3. Find the ready file descriptors and pass them to the user state
- select: Passes a copy of the previously passed fd_set out to the user state and returns the total number of file descriptors that are ready. The user state does not know which file descriptors are in the ready state and needs to iterate through them.
- poll: Passes a copy of the previously passed in fd array out to the user state and returns the total number of file descriptors that are ready. The user state does not know which file descriptors are in the ready state and needs to be traversed to determine this.
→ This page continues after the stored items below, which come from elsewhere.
//! A record as bytes, and back.
ghost use Rattle.std.specs.Prelude.{◌≡◌, ◌+◌, ◌-◌, ◌^◌, ◌++◌, List, ℕ, All, IfErr, IfOk, IfSome, OnOk, Option, Some, length, map, min};
ghost use Rattle.rl_base.specs.Saving.{Fits, IsOfPart, Loads};
ghost use Rattle.rl_base.specs.declared.listeners.Refusal.TheVariants as refused;
ghost use Rattle.rl_base.specs.declared.saving.LoadFault.TheVariants.{NoMemory};
ghost use Rattle.rl_base.specs.declared.saving.SaveFault.TheVariants.{TooLong};
ghost use Rattle.rl_base.specs.declared.saving.Width.TheVariants.{Eight};
ghost use Rattle.rl_line.specs.Entry.{Entry, change_count, entry_of, new_text, old_text};
ghost use Rattle.rl_record.specs.Record.{IsApart, Record, kept_point};
ghost use Rattle.rl_record.specs.SavedRecord.{FitsEntry, IsSavedEntry, IsSavedRecord, entry_number, entry_numbers, fresh_number, kept_number, number_or_0, point_number, record_numbers, saved_entries, saved_entry, saved_record};
ghost use Rattle.rl_record.specs.Units.{BothMatched};
ghost use Rattle.rl_record.specs.declared.joining.Freshness.{Freshness};

use crate::changeset::Changeset;
use crate::joining::Freshness;
use crate::recent::Recent;
use crate::units;
use rl_base::saving::put_numbers;
use rl_base::{Gathered, LoadFault, Refusal, SaveFault, Unread, Width};
use rl_line::change::{Change, Texts, Way, copied};
use rl_line::inserted::Inserted;
use std::alloc::Global;

// How many bytes an entry has at least.
const ENTRY: usize = 24;

impl Changeset {
    /// Puts the record at the end of bytes, from which `load` makes it again. Refused, it leaves any bytes. `TooLong` comes
    /// only if a text of it has 4 GiB or more, or a place is as far.
    #[tactic(auto, unfolding(crate::specs::SavedRecord::saved_record))]
    pub fn save(&self, out: &mut Vec<u8>) -> Result<(), SaveFault>
        ensures ok { OnOk result (out.new.items ≡ out.old.items ++ saved_record self.now) }
        ensures loads { OnOk result (IsSavedRecord self.now) }
        ensures err { IfErr result (λ f. f ≡ TooLong → ¬ (All FitsEntry (self.now.recorded ++ self.now.pending))) }
    {
        put_numbers(out, Width::Eight, &self.numbers())?;
        put_entries(out, self.entries.all())?;
        Ok(())
    }

    /// How many bytes `save` puts, or the greatest `usize` if they are more.
    pub fn saved_len(&self) -> usize
        ensures { result ≡ min (length (saved_record self.now)) (2 ^ 64 - 1) }
    {
        entries_len(self.entries.all()).saturating_add(48)
    }

    fn numbers(&self) -> [u64; 6]
        ensures numbers { result ≡ record_numbers self.now }
        ensures matched { BothMatched self.now }
        ensures point { kept_point (change_count (self.now.recorded ++ self.now.pending)) self.now.saved ≡ self.now.saved }
        ensures apart { IsApart self.now }
    {
        let (fresh, saved) = (self.entries.fresh(), self.entries.saved());
        [
            self.entries.all().len() as u64,
            self.recorded().len() as u64,
            fresh_number(fresh),
            kept_number(fresh),
            point_number(saved),
            number_or_0(saved),
        ]
    }

    /// Makes the record of what `save` put into bytes, and reads them. Other bytes are `Damaged`: of whatever it makes,
    /// `save` puts the very bytes that were read. Whether it is one of a text tells `walks`.
    #[tactic(auto, unfolding(crate::specs::SavedRecord::saved_record))]
    pub fn load(alloc: Global, bytes: &mut Unread) -> Result<Changeset, LoadFault>
        ensures loaded { (r : Record) (rest : List ℕ) → IsSavedRecord r → bytes.old ≡ saved_record r ++ rest
            → Loads r result × OnOk result (bytes.new ≡ rest) }
        ensures read { IfOk result (λ r. (bytes.old ≡ saved_record r ++ bytes.new) × IsSavedRecord r) }
        ensures part { IfErr result IsOfPart }
    {
        let mut head = [0; 6];
        if !bytes.numbers(Width::Eight, &mut head) {
            return Err(LoadFault::Damaged);
        }
        let list = load_entries(alloc, bytes, head[0])?;
        record_of(head, list).ok_or(LoadFault::Damaged)
    }
}

// The record of these numbers and entries, if there is one.
#[tactic(auto, using(crate::proofs::Records::BytesLemmas::records))]
fn record_of(head: [u64; 6], list: Vec<Change>) -> Option<Changeset>
    ensures loaded { (r : Record) → IsSavedRecord r → head ≡ record_numbers r → map entry_of list.items ≡ r.recorded ++ r.pending → result ≡ Some r }
    ensures read { IfSome result (λ r. (head ≡ record_numbers r) × (map entry_of list.items ≡ r.recorded ++ r.pending)
        × (All (Fits Eight) (record_numbers r) → All IsSavedEntry (r.recorded ++ r.pending) → IsSavedRecord r)) }
{
    let fresh = fresh_of(head[2], head[3] as usize);
    let saved = point_of(head[4], head[5] as usize);
    let entries = Recent::of(list, head[1] as usize, fresh, saved)?;
    let level = units::matched_level(entries.recorded())?;
    units::matched_level(entries.pending())?;
    let made = Changeset { entries, level };
    if made.numbers() != head {
        return None;
    }
    Some(made)
}

fn fresh_number(fresh: Freshness) -> u64
    ensures { result ≡ fresh_number fresh }
{
    match fresh {
        Freshness::Stale => 0,
        Freshness::Parted => 1,
        Freshness::Added => 2,
        Freshness::Joined(_) => 3,
    }
}

fn kept_number(fresh: Freshness) -> u64
    ensures { result ≡ kept_number fresh }
{
    match fresh {
        Freshness::Joined(before) => before as u64,
        Freshness::Stale | Freshness::Parted | Freshness::Added => 0,
    }
}

// Of a number that stands for no freshness it makes one that has another.
fn fresh_of(number: u64, kept: usize) -> Freshness
    ensures { (fresh : Freshness) → number ≡ fresh_number fresh → kept ≡ kept_number fresh → result ≡ fresh }
{
    match number {
        0 => Freshness::Stale,
        1 => Freshness::Parted,
        2 => Freshness::Added,
        _ => Freshness::Joined(kept),
    }
}

fn point_number(point: Option<usize>) -> u64
    ensures { result ≡ point_number point }
{
    match point {
        Some(_) => 1,
        None => 0,
    }
}

fn number_or_0(number: Option<usize>) -> u64
    ensures { result ≡ number_or_0 number }
{
    number.unwrap_or(0) as u64
}

fn point_of(number: u64, point: usize) -> Option<usize>
    ensures { (saved : Option ℕ) → number ≡ point_number saved → point ≡ number_or_0 saved → result ≡ saved }
{
    match number {
        0 => None,
        _ => Some(point),
    }
}

fn entry_number(change: &Change) -> u64
    ensures { result ≡ entry_number (entry_of change.now) }
{
    let kind = match change {
        Change::Begin => 0,
        Change::End => 1,
        Change::Insert(_, _, _) => 2,
        Change::Delete(_, _, _) => 4,
        Change::Replace(_, _, _) => 6,
    };
    match change.cursors() {
        Some(_) => kind + 1,
        None => kind,
    }
}

fn numbers_of(change: &Change) -> [u64; 6]
    ensures { result ≡ entry_numbers (entry_of change.now) }
{
    let (before, after) = change.cursors().unwrap_or((0, 0));
    [
        entry_number(change),
        number_or_0(change.place()),
        before as u64,
        after as u64,
        change.texts(Way::Back).1.len() as u64,
        change.texts(Way::Ahead).1.len() as u64,
    ]
}

#[tactic(auto, unfolding(crate::specs::SavedRecord::saved_entry))]
fn put_entry(out: &mut Vec<u8>, change: &Change) -> Result<(), SaveFault>
    ensures ok { OnOk result (out.new.items ≡ out.old.items ++ saved_entry (entry_of change.now)) }
    ensures loads { OnOk result (IsSavedEntry (entry_of change.now)) }
    ensures err { IfErr result (λ f. f ≡ TooLong → ¬ (FitsEntry (entry_of change.now))) }
{
    put_numbers(out, Width::Four, &numbers_of(change))?;
    let (_, old) = change.texts(Way::Back);
    out.extend_from_slice(old.as_bytes())?;
    let (_, new) = change.texts(Way::Ahead);
    out.extend_from_slice(new.as_bytes())?;
    Ok(())
}

// How many bytes an entry takes, or the greatest `usize` if they are more.
fn entry_len(change: &Change) -> usize
    ensures { result ≡ min (length (saved_entry (entry_of change.now))) (2 ^ 64 - 1) }
{
    let (_, old) = change.texts(Way::Back);
    let (_, new) = change.texts(Way::Ahead);
    old.len().saturating_add(new.len()).saturating_add(ENTRY)
}

#[tactic(auto, unfolding(crate::specs::SavedRecord::saved_entries))]
fn entries_len(changes: &[Change]) -> usize
    ensures { result ≡ min (length (saved_entries (map entry_of changes.now))) (2 ^ 64 - 1) }
{
    let mut len = 0usize;
    for change in changes {
        len = len.saturating_add(entry_len(change));
    }
    len
}

#[tactic(auto, unfolding(crate::specs::SavedRecord::saved_entries))]
fn put_entries(out: &mut Vec<u8>, changes: &[Change]) -> Result<(), SaveFault>
    ensures ok { OnOk result (out.new.items ≡ out.old.items ++ saved_entries (map entry_of changes.now)) }
    ensures loads { OnOk result (All IsSavedEntry (map entry_of changes.now)) }
    ensures err { IfErr result (λ f. f ≡ TooLong → ¬ (All FitsEntry (map entry_of changes.now))) }
{
    for change in changes {
        put_entry(out, change)?;
    }
    Ok(())
}

// The change of these numbers and texts. If they are those of no change, it makes one that has others.
fn change_of(alloc: Global, head: [u64; 6], old: &str, new: &str) -> Result<Change, Refusal>
    ensures ok { IfOk result (λ change. (e : Entry) → IsSavedEntry e → head ≡ entry_numbers e → old.now ≡ old_text e → new.now ≡ new_text e → entry_of change ≡ e) }
    ensures texts { IfOk result (λ change. length (old_text (entry_of change)) ≡ length old.now → length (new_text (entry_of change)) ≡ length new.now → (old_text (entry_of change) ≡ old.now) × (new_text (entry_of change) ≡ new.now)) }
    ensures err { IfErr result (λ r. r ≡ refused.NoMemory) }
{
    let at = head[1] as usize;
    let cursors = if head[0] % 2 == 0 {
        None
    } else {
        Some((head[2] as usize, head[3] as usize))
    };
    match head[0] {
        0 => Ok(Change::Begin),
        1 => Ok(Change::End),
        2 | 3 => Ok(Change::Insert(cursors, at, Inserted::of_str(alloc, new)?)),
        4 | 5 => Ok(Change::Delete(cursors, at, Gathered::of(alloc, old)?)),
        _ => {
            let before = copied(alloc, old)?;
            let after = copied(alloc, new)?;
            let texts = Box::new(alloc, Texts { before, after })?;
            Ok(Change::Replace(cursors, at, texts))
        }
    }
}

#[tactic(auto, unfolding(crate::specs::SavedRecord::saved_entry))]
fn load_entry(alloc: Global, bytes: &mut Unread) -> Result<Change, LoadFault>
    ensures ok { IfOk result (λ change. (e : Entry) (rest : List ℕ) → IsSavedEntry e → bytes.old ≡ saved_entry e ++ rest → (entry_of change ≡ e) × (bytes.new ≡ rest)) }
    ensures read { IfOk result (λ change. (bytes.old ≡ saved_entry (entry_of change) ++ bytes.new) × IsSavedEntry (entry_of change)) }
    ensures err { IfErr result (λ f. (e : Entry) (rest : List ℕ) → IsSavedEntry e → bytes.old ≡ saved_entry e ++ rest → f ≡ NoMemory) }
    ensures part { IfErr result IsOfPart }
{
    let mut head = [0; 6];
    if !bytes.numbers(Width::Four, &mut head) {
        return Err(LoadFault::Damaged);
    }
    let Some(old) = bytes.text(head[4]) else {
        return Err(LoadFault::Damaged);
    };
    let Some(new) = bytes.text(head[5]) else {
        return Err(LoadFault::Damaged);
    };
    let change = change_of(alloc, head, old, new)?;
    if numbers_of(&change) != head {
        return Err(LoadFault::Damaged);
    }
    Ok(change)
}

#[tactic(auto, unfolding(crate::specs::SavedRecord::saved_entries))]
fn load_entries(alloc: Global, bytes: &mut Unread, count: u64) -> Result<Vec<Change>, LoadFault>
    ensures ok { IfOk result (λ made. (es : List Entry) (rest : List ℕ) → length es ≡ count → All IsSavedEntry es → bytes.old ≡ saved_entries es ++ rest → (map entry_of made.items ≡ es) × (bytes.new ≡ rest)) }
    ensures read { IfOk result (λ made. (bytes.old ≡ saved_entries (map entry_of made.items) ++ bytes.new) × All IsSavedEntry (map entry_of made.items)) }
    ensures err { IfErr result (λ f. (es : List Entry) (rest : List ℕ) → length es ≡ count → All IsSavedEntry es → bytes.old ≡ saved_entries es ++ rest → f ≡ NoMemory) }
    ensures part { IfErr result IsOfPart }
{
    let most = bytes.left() / ENTRY;
    let Ok(mut made) = Vec::with_capacity(alloc, count.min(most as u64) as usize) else {
        return Err(LoadFault::NoMemory);
    };
    for i in 0..count {
        made.push(load_entry(alloc, bytes)?)?;
    }
    Ok(made)
}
- epoll: epoll_wait simply watches for data in the ready linkedlist and finally returns the linkedlist to the array and the number of ready files. The kernel puts the ready file descriptors in the incoming array, so you can just iterate through them in order. The file descriptors returned here are passed by mmap allowing the kernel and user space to share the same block of memory, reducing unnecessary copies.
4. Handling of duplicate listeners
- select: Pass a copy of the new set of listen file descriptors into the kernel and continue with the above steps.
- poll: pass a copy of the new struct pollfd array into the kernel, and continue with the above steps.
- epoll: no need to reconstruct the red-black tree, just follow the existing one.
The reasons why epoll is more efficient
- select and poll have basically the same action, except that poll uses a linkedlist for file descriptor storage, while select uses fd labeled bits for storage, so select is limited by the maximum number of connections, while poll is not.
- select, poll, and epoll all return the number of ready file descriptors. But select and poll do not explicitly indicate which file descriptors are ready, while epoll does. The difference is that after the system call returns, the program calling select and poll needs to iterate through the entire listener file descriptors to find out who is ready, while epoll can handle it directly.
- select and poll both need to copy the data structure of the file descriptor into the kernel and then copy it out. The data structure of the file descriptor created by epoll is itself stored in the kernel state, and the system call returns with mmap() file mapped memory to speed up message passing to the kernel space: that is, epoll uses mmap to reduce the copy overhead.
- select and poll use polling to check if the file descriptor is in the ready state, while epoll uses a callback mechanism. The result is that the efficiency of select and poll decreases linearly as the fd increases, while epoll is not affected too much unless there are many active sockets.
- epoll’s edge-triggered mode is efficient and the system is not flooded with uncaring ready file descriptors
Although epoll has the best performance, select and poll may perform better than epoll when the number of connections is small and the connections are all very active, after all epoll’s notification mechanism requires many function callbacks.